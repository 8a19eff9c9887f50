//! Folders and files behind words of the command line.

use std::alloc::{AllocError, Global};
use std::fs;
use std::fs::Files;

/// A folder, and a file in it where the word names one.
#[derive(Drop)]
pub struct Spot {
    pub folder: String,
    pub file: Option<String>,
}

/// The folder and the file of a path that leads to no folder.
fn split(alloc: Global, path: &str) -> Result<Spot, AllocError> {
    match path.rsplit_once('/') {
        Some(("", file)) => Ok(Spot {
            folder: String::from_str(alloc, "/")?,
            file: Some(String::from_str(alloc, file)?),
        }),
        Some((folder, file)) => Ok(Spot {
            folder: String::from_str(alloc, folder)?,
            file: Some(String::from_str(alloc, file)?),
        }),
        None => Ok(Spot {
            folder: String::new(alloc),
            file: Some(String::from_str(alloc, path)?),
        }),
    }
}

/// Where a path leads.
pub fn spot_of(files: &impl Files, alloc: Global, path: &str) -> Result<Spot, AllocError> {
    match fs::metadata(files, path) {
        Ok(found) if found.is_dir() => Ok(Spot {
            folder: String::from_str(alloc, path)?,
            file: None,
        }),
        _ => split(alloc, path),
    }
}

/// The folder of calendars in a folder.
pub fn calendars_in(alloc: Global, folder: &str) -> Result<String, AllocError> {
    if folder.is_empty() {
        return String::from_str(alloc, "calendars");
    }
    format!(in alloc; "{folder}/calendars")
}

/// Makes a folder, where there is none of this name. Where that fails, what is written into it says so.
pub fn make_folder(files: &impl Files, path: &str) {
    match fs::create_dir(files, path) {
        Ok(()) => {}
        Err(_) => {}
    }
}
★ ★ ★ ★ ★
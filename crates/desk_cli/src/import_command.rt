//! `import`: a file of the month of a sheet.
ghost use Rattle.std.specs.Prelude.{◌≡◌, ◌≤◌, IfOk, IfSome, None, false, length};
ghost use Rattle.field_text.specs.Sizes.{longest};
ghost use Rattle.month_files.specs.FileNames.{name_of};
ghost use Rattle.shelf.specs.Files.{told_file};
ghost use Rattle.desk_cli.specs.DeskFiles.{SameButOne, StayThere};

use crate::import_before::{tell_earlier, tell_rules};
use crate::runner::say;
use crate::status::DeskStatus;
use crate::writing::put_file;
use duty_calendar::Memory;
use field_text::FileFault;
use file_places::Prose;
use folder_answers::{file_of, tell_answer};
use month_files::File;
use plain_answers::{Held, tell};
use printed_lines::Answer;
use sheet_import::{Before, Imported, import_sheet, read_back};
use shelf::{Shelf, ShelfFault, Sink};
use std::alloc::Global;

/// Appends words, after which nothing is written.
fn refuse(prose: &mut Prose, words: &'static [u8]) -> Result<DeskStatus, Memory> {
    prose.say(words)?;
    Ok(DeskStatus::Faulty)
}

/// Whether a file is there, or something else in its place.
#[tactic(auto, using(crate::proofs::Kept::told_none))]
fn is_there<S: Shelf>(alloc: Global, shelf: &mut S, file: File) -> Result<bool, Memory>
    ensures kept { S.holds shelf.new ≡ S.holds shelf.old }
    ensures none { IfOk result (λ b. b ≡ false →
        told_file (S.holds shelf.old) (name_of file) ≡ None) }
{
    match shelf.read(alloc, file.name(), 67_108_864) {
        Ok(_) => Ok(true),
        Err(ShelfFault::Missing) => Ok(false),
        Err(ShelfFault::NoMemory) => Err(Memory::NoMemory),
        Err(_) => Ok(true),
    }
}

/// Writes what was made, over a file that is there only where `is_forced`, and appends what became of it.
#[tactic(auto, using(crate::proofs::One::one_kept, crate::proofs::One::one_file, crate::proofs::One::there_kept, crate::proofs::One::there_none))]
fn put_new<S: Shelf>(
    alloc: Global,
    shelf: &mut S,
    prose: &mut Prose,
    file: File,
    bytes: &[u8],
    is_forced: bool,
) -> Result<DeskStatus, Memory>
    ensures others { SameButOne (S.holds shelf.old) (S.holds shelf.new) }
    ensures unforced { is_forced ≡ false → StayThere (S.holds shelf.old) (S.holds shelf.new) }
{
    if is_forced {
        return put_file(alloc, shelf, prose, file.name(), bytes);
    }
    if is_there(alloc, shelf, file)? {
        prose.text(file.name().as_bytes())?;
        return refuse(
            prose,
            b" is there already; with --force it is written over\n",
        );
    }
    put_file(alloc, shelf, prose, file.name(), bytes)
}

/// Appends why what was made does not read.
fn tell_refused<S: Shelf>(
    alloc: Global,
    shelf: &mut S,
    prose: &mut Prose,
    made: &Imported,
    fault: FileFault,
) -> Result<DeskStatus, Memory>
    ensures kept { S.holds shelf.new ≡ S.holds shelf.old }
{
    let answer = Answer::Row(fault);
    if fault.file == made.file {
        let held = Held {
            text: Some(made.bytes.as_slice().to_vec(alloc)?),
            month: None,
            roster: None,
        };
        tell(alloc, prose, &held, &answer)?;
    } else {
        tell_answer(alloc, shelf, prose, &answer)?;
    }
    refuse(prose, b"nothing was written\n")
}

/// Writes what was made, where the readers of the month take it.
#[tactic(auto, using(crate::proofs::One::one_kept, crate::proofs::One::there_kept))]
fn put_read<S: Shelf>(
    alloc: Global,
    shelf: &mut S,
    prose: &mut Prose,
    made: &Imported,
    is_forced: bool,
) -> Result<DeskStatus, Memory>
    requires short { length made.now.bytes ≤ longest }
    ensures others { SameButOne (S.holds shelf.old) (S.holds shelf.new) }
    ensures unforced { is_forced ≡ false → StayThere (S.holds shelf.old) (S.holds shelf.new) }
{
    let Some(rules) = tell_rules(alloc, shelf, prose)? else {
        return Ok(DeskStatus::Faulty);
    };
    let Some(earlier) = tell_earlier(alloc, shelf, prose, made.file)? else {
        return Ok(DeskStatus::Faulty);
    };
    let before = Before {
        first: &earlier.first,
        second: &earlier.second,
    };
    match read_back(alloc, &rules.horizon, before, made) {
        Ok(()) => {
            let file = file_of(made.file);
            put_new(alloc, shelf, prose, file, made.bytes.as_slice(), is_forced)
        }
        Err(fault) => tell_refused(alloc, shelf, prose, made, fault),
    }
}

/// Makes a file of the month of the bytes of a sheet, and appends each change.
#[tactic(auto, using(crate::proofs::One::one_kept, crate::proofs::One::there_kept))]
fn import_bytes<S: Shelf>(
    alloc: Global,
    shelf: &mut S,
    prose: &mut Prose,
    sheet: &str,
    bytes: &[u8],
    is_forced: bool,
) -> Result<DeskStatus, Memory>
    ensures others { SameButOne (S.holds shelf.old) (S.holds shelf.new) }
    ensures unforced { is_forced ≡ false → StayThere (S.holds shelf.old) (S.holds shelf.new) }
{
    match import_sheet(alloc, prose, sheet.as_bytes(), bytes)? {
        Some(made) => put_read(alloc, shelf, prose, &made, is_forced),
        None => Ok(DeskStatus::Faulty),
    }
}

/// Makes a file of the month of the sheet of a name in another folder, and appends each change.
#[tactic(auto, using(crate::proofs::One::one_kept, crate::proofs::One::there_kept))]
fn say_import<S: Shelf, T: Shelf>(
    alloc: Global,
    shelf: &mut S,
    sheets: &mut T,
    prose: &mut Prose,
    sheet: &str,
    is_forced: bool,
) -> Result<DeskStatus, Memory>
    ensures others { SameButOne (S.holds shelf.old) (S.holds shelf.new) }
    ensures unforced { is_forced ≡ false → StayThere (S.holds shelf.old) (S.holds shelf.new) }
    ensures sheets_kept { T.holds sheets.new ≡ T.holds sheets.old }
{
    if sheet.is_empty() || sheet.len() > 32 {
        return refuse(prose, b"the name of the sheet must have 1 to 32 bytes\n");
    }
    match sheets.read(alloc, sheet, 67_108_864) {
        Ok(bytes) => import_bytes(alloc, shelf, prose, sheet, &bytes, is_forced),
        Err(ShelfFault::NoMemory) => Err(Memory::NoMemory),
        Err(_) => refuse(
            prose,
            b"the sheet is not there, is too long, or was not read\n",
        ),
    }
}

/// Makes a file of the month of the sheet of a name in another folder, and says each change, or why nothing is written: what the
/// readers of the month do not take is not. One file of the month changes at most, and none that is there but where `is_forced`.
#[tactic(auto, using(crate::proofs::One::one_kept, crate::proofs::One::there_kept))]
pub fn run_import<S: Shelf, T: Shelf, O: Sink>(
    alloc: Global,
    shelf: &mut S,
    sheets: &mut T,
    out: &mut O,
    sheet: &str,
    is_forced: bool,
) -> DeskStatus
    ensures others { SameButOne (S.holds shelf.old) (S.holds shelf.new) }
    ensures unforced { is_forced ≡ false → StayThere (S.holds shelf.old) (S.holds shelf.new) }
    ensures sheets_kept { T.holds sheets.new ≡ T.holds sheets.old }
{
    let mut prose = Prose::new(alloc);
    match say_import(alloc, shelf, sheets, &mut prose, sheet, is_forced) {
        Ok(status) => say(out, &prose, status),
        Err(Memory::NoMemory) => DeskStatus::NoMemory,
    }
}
★ ★ ★ ★ ★
### EXERCISE BRIEF
Copy out each line from the listing that contains the string "match".

### RESPONSE TO THIS TASK
    match path.rsplit_once('/') {
    match fs::metadata(files, path) {
    match fs::create_dir(files, path) {
    match shelf.read(alloc, file.name(), 67_108_864) {
    match read_back(alloc, &rules.horizon, before, made) {
    match import_sheet(alloc, prose, sheet.as_bytes(), bytes)? {
    match sheets.read(alloc, sheet, 67_108_864) {
    match say_import(alloc, shelf, sheets, &mut prose, sheet, is_forced) {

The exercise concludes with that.